▶ Data extracted from a collection:
◆ ◆ ◆ ◆ ◆
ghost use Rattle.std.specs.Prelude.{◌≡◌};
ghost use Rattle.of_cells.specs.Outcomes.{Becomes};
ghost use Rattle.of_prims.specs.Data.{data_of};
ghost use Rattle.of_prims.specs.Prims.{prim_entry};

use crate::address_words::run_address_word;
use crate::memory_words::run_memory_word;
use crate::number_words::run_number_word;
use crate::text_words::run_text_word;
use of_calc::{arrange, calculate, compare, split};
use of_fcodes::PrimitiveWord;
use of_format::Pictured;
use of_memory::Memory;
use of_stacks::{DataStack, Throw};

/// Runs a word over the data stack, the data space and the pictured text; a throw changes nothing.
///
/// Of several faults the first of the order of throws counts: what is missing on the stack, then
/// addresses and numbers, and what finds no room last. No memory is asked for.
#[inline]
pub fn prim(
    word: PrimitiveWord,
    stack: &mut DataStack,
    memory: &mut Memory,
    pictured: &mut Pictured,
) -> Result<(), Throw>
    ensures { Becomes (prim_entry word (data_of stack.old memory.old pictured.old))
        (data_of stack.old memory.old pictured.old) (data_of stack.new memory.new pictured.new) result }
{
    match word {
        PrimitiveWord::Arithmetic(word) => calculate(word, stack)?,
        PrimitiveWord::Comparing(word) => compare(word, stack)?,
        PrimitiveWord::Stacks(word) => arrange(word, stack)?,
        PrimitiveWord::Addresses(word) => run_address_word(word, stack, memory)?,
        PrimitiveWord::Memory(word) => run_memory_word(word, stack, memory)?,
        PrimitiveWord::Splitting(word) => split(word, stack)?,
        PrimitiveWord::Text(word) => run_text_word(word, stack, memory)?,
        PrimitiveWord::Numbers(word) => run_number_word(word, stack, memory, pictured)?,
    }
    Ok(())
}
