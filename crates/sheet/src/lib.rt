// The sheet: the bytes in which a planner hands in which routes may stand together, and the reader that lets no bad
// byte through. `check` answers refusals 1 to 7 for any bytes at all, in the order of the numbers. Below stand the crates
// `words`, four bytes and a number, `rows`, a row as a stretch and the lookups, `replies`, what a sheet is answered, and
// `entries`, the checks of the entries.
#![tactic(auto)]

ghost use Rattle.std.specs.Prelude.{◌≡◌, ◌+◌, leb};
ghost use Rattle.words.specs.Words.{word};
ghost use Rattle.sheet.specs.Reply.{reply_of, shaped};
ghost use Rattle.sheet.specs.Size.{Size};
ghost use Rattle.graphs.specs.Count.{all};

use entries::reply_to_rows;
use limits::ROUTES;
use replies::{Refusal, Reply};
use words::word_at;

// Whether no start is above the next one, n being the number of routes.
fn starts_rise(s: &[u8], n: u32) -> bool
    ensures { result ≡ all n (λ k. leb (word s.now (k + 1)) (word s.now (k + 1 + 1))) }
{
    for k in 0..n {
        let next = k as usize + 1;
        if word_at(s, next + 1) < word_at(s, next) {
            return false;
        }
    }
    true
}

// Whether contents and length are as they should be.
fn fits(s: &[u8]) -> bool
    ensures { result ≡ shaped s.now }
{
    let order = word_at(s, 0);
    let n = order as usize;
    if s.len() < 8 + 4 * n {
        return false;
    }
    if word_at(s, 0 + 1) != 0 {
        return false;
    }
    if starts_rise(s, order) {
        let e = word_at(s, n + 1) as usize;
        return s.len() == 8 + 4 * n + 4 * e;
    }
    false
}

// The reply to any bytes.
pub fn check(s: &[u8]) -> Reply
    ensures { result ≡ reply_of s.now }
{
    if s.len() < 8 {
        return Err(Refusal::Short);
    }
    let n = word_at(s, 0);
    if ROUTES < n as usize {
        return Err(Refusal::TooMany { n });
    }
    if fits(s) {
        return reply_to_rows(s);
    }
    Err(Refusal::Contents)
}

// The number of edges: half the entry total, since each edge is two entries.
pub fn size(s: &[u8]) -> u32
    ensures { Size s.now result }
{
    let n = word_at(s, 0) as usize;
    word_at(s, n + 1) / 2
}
◆ ◆ ◆ ◆ ◆
▶ WHAT IS BEING ASKED:
Whenever "entries" occurs in a line above, copy that line.

▶ WRITTEN REPLY:
// `entries`, the checks of the entries.
use entries::reply_to_rows;
// The number of edges: half the entry total, since each edge is two entries.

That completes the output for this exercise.